Petroleum manufacturers are the first to buy crude oil and natural gas from the global market, they are especially vulnerable to fuel price volatility.
The LIFO (last in, first out) accounting standard has been permitted by the IRS since 1939, and is used by nearly 40% of businesses to determine book income and tax liability. LIFO is used by a variety of industries, including publicly-traded and privately-held companies, manufacturers, wholesalers, retailers, automobile and equipment dealers, and petroleum refineries.
The Montana Petroleum Association agrees with the American Petroleum Institute, which claims that repealing the LIFO accounting standard for refiners would reduce jobs across American industry, and reduce investments in domestic energy production. This would increase U.S. reliance on imports and cause money to leave the American economy.
Businesses forced off LIFO would pay, essentially, an assessment against capital to the federal government, without regard to current earnings or other factors.
Repealing LIFO would require companies to redirect cash or sell assets in order to cover the higher tax payment. For small businesses, the LIFO reserve could exceed retained earnings, likely forcing a business to liquidate and possibly still owe taxes.
In order for U.S. companies to compete globally and develop opportunities abroad, The United States tax code affords U.S. based companies a foreign tax credit (FTC) for taxes already paid on income in another country. Simply put, this mechanism prevents double taxation on foreign profits. The credit is provided only for income taxes paid to another country, not property taxes, severance taxes, mineral royalties, or other payments.
The United States requires that the federal corporate tax rate on income earned is 35%, regardless of where income is earned – domestically or abroad.
If dual capacity provisions are repealed, 70% of corporate earnings would be claimed by the combination of U.S. and foreign corporate taxes, according to the Peterson Institute for International Economics, and the Progressive Policy Institute.

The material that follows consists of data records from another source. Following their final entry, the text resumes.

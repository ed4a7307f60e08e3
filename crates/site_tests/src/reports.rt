//! The reports of layouts, whole and cut off.

ghost use Rattle.std.specs.Prelude.{All};
ghost use Rattle.plan_report.specs.Reported.{IsReported};
ghost use Rattle.site_text.specs.Verdict.{NamesPoint};

use cable_definitions::claim::Claim;
use cable_text::{MemorySink, Sink};
use layout_meaning::{Cable, Layout, Verdict, judge};
use plan_report::report;
use sample_sites::{FIRST, site_of};
use site_model::Site;
use std::alloc::Global;
use std::process::Abort;
use std::test::Fail;

/// The report of a layout that is reported, or as much of it as a sink takes of which the pushes of
/// these numbers fail.
fn text_of(
    alloc: Global,
    site: &Site,
    layout: &Layout,
    claim: Claim,
    fails: &[u64],
) -> Result<Vec<u8>, Fail>
    requires cables { All (IsReported site.now layout.now) layout.now }
    requires claim { NamesPoint site.now claim }
{
    let mut out = MemorySink::new(alloc, 2048, Vec::from_slice(alloc, fails)?)?;
    let ended = report(site, layout, claim, &mut out);
    if ended.is_err() {
        out.push(b"!")?;
    }
    Ok(Vec::from_slice(alloc, out.taken())?)
}

/// The report of a legal layout of these cables.
fn reported(
    rt: &impl Abort,
    alloc: Global,
    site: &Site,
    cables: &[(u32, u32, u32)],
    claim: Claim,
    fails: &[u64],
) -> Result<Vec<u8>, Fail>
    requires { NamesPoint site.now claim }
{
    let mut layout = Layout::new(alloc)?;
    for (from, to, grade) in cables.iter().copied() {
        layout.push(Cable { from, to, grade })?;
    }
    match judge(site, &layout) {
        Verdict::Legal(cost) => text_of(alloc, site, &layout, claim, fails),
        Verdict::Broken(rule, a, b) => panic!(rt; "the layout is illegal"),
    }
}

const SMALL: &str = "mode tree
cable A                S                 0      500      100               50000
type 0 cables 1 length 500 cost 50000
substation S feeders 1 of 4 power 100 of 10000
optimal 50000
";

#[test]
fn one_cable(rt: HostRuntime) -> Result<(), Fail> {
    let alloc = rt.alloc();
    let site = site_of(alloc, FIRST)?;
    let text = reported(&rt, alloc, &site, &[(1, 0, 0)], Claim::Optimal(50000), &[])?;
    assert!(&rt; text.as_slice() == SMALL.as_bytes());
    Ok(())
}

#[test]
fn a_push_that_fails(rt: HostRuntime) -> Result<(), Fail> {
    let alloc = rt.alloc();
    let site = site_of(alloc, FIRST)?;
    let cables = [(1, 0, 0)];
    let text = reported(&rt, alloc, &site, &cables, Claim::Infeasible, &[2])?;
    assert!(&rt; text.as_slice() == b"mode tree\n!".as_slice());
    Ok(())
}

/// Strings of two types into two substations, one of them round a bend.
const LARGE_SITE: &str =
    "site 1\nmode strings\ntype 150 10\ntype 400 30\ntype 9000 1000000\nsubstation North 0 0 2 400\nsubstation South 0 -10000 1 1000\nturbine A 0 1000 100\nturbine B 0 2000 150\nturbine Turbine-16.bytes 3000 -10000 150\nbend Corner 3000 0\nturbine D 1000 -10000 1000\ncharge D South 1000000000000\nend site\n";

const LARGE: &str = "mode strings
cable A                North             1     1000      250               30000
cable B                A                 0     1000      150               10000
cable Turbine-16.bytes Corner            0    10000      150              100000
cable Corner           North             0     3000      150               30000
cable D                South             2     1000     1000       1001000000000
type 0 cables 3 length 14000 cost 140000
type 1 cables 1 length 1000 cost 30000
type 2 cables 1 length 1000 cost 1001000000000
substation North feeders 2 of 2 power 400 of 400
substation South feeders 1 of 1 power 1000 of 1000
gap 1001000170000 7
";

#[test]
fn strings_of_three_types(rt: HostRuntime) -> Result<(), Fail> {
    let alloc = rt.alloc();
    let site = site_of(alloc, LARGE_SITE)?;
    let cables = [(2, 0, 1), (3, 2, 0), (4, 5, 0), (5, 0, 0), (6, 1, 2)];
    let claim = Claim::Gap {
        cost: 1001000170000,
        bound: 7,
    };
    let text = reported(&rt, alloc, &site, &cables, claim, &[])?;
    assert!(&rt; text.as_slice() == LARGE.as_bytes());
    Ok(())
}

#[test]
fn no_cable(rt: HostRuntime) -> Result<(), Fail> {
    let alloc = rt.alloc();
    let site = site_of(alloc, FIRST)?;
    let layout = Layout::new(alloc)?;
    let text = text_of(alloc, &site, &layout, Claim::Infeasible, &[])?;
    assert!(&rt; text.as_slice() == NOTHING.as_bytes());
    Ok(())
}

const NOTHING: &str = "mode tree
type 0 cables 0 length 0 cost 0
substation S feeders 0 of 4 power 0 of 10000
infeasible
";
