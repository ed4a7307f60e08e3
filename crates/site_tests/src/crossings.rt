//! The arcs that clash with one, beside a test of every arc.

ghost use Rattle.std.specs.Prelude.{◌<◌, IsTrue, length};

use candidate_cables::{Arc, Arcs};
use crossing_index::Crossings;
use sample_sites::site_of;
use site_model::Site;
use std::alloc::{AllocError, Global};
use std::test::Fail;

/// A substation and fourteen turbines that stand by no order; some stand in one row or on a line with others.
const SCATTERED: &str =
    "site 1\nmode tree\ntype 400 1\nsubstation S 700 650 16 10000\nturbine A 0 0 100\nturbine B 400 100 100\nturbine C 900 0 100\nturbine D 1300 200 100\nturbine E 100 500 100\nturbine F 500 400 100\nturbine G 1000 500 100\nturbine H 1400 600 100\nturbine I 0 900 100\nturbine J 400 1000 100\nturbine K 800 900 100\nturbine L 1200 1100 100\nturbine M 600 700 100\nturbine N 1000 800 100\nend site\n";

/// A substation and three turbines on the corners of a square.
const SQUARE: &str =
    "site 1\nmode tree\ntype 400 1\nsubstation S 0 0 4 10000\nturbine A 1000 1000 100\nturbine B 1000 0 100\nturbine C 0 1000 100\nend site\n";

/// Whether both ends of an arc are points.
fn joins_points(points: u32, arc: Arc) -> bool
    ensures { IsTrue result → (arc.from < points) × (arc.to < points) }
{
    arc.from < points && arc.to < points
}

/// Whether two arcs join other pairs of points and clash, by the geometry alone.
fn is_clash(site: &Site, arc: Arc, other: Arc) -> bool {
    let points = site.points().len() as u32;
    joins_points(points, arc)
        && joins_points(points, other)
        && site.pairs_clash(arc.from, arc.to, other.from, other.to)
}

/// The numbers of the arcs that clash with one, by a test of every arc.
fn clashing_by_tests(
    alloc: Global,
    site: &Site,
    arcs: &Arcs,
    arc: u32,
) -> Result<Vec<u32>, AllocError>
    requires { arc < length arcs.now }
{
    let own = arcs.get(arc);
    let mut numbers = Vec::new(alloc);
    for other in 0..arcs.len() {
        if is_clash(site, own, arcs.get(other)) {
            numbers.push(other)?;
        }
    }
    Ok(numbers)
}

#[test]
fn finds_the_arcs_that_cross(rt: HostRuntime) -> Result<(), Fail> {
    let alloc = rt.alloc();
    let site = site_of(alloc, SQUARE)?;
    let arcs = Arcs::new(alloc, &site)?;
    let crossings = Crossings::new(alloc, &site, &arcs)?;
    // The arcs are A-S, A-B, A-C, B-S, B-A, B-C, C-S, C-A, C-B: the diagonals of a square cross.
    let table: [(u32, &[u32]); 5] = [(0, &[5, 8]), (1, &[]), (5, &[0]), (7, &[]), (8, &[0])];
    for (arc, expected) in table {
        assert!(&rt; arc < arcs.len());
        let found = crossings.clashing(alloc, arc)?;
        assert_eq!(rt; found.as_slice(), expected);
    }
    Ok(())
}

#[test]
fn finds_what_a_test_of_every_arc_finds(rt: HostRuntime) -> Result<(), Fail> {
    let alloc = rt.alloc();
    let site = site_of(alloc, SCATTERED)?;
    let arcs = Arcs::new(alloc, &site)?;
    let crossings = Crossings::new(alloc, &site, &arcs)?;
    for arc in 0..arcs.len() {
        let expected = clashing_by_tests(alloc, &site, &arcs, arc)?;
        let found = crossings.clashing(alloc, arc)?;
        assert_eq!(rt; found.as_slice(), expected.as_slice());
    }
    Ok(())
}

Section 199 is a deduction equal to 9% of income earned from manufacturing, producing, growing or extracting in the United States, and is available to every taxpayer who qualifies in the U.S. Petroleum is the only industry limited to a 6% deduction.
The Montana Petroleum Association is concerned about the direct impact on Montana jobs that changes to Section 199 would result in. The refining sector in Montana primarily resides in Yellowstone County, with three of the state’s four refineries located in Billings. Refining in Montana provides over 1,000 jobs, with average wages over $90,000. According to Dr. Scott Rickard at the Center for Applied Economics at MSU-Billings, refining contributes more than 50% of Montana’s entire manufacturing capabilities.